Dataset entries:
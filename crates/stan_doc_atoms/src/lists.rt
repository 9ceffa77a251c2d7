//! Types between `<` and `>`, and the type behind the `:` of a callable.

ghost use Rattle.std.specs.Prelude.{map};
ghost use Rattle.stan_model_doc.specs.Rules as rules;
ghost use Rattle.stan_model_doc.specs.Symbols as sorts;
ghost use Rattle.stan_model_doc.specs.Trees.{nil, mark};
ghost use Rattle.stan_doc_descent.specs.Parse.{standing};
ghost use Rattle.stan_doc_trees.specs.Tree.{behind_mark, further, written_of, unary_of};

use sqlite_items::Items;
use stan_doc_parts::parser::{Parser, Part};
use stan_doc_parts::places::enter;
use stan_doc_trees::{Unary, Written};
use stan_model_doc::token::{DocKind, DocToken};
use stan_places::stop::Stop;
use std::alloc::Global;

/// A further type of a list.
pub struct FurtherType;

impl Part for FurtherType {
    type Tree = Written;

    ghost sort = { sorts.FurtherType };

    ghost view = { λ x. behind_mark rules.further_type (written_of x) };

    #[tactic(auto, using(stan_doc_parts::proofs::Productions::part_enters), unfolding(stan_doc_parts::specs::Gives::whole))]
    fn read<
        W: Fn(Global, &[DocToken], usize, usize) -> Result<(Written, usize), Stop>,
        U: Fn(Global, &[DocToken], usize, usize) -> Result<(Unary, usize), Stop>,
    >(parser: &Parser<'_, W, U>, levels: usize, place: usize) -> Result<(Written, usize), Stop> {
        let levels = enter(levels)?;
        let to = parser.expect(DocKind::Comma, place)?;
        let (written, to) = parser.written(levels, to)?;
        Ok((written, to))
    }
}

/// Types between `<` and `>`: the first, and the further ones.
pub struct Arguments;

impl Part for Arguments {
    type Tree = (Written, Items<Written>);

    ghost sort = { sorts.Arguments };

    ghost view = { λ x. (rules.arguments, mark (standing (written_of x.0) (further rules.further_type (map written_of x.1) (mark nil)))) };

    #[tactic(auto, using(stan_doc_parts::proofs::Productions::part_enters, crate::proofs::Further::further_types), unfolding(stan_doc_parts::specs::Gives::whole))]
    fn read<
        W: Fn(Global, &[DocToken], usize, usize) -> Result<(Written, usize), Stop>,
        U: Fn(Global, &[DocToken], usize, usize) -> Result<(Unary, usize), Stop>,
    >(
        parser: &Parser<'_, W, U>,
        levels: usize,
        place: usize,
    ) -> Result<((Written, Items<Written>), usize), Stop> {
        let levels = enter(levels)?;
        let to = parser.expect(DocKind::Below, place)?;
        let (first, to) = parser.written(levels, to)?;
        let (more, to) = parser.all::<FurtherType>(levels, to)?;
        let to = parser.expect(DocKind::Above, to)?;
        Ok(((first, more), to))
    }
}

/// The type behind the `:` of a callable.
pub struct ResultType;

impl Part for ResultType {
    type Tree = Unary;

    ghost sort = { sorts.Result };

    ghost view = { λ x. behind_mark rules.result_type (unary_of x) };

    #[tactic(auto, using(stan_doc_parts::proofs::Productions::part_enters), unfolding(stan_doc_parts::specs::Gives::whole))]
    fn read<
        W: Fn(Global, &[DocToken], usize, usize) -> Result<(Written, usize), Stop>,
        U: Fn(Global, &[DocToken], usize, usize) -> Result<(Unary, usize), Stop>,
    >(parser: &Parser<'_, W, U>, levels: usize, place: usize) -> Result<(Unary, usize), Stop> {
        let levels = enter(levels)?;
        let to = parser.expect(DocKind::Colon, place)?;
        let (unary, to) = parser.unary(levels, to)?;
        Ok((unary, to))
    }
}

» BRIEF
Going through the lines above one by one, tally those with the word "specs" and give only the total.

» ANSWER TO THE EXERCISE
9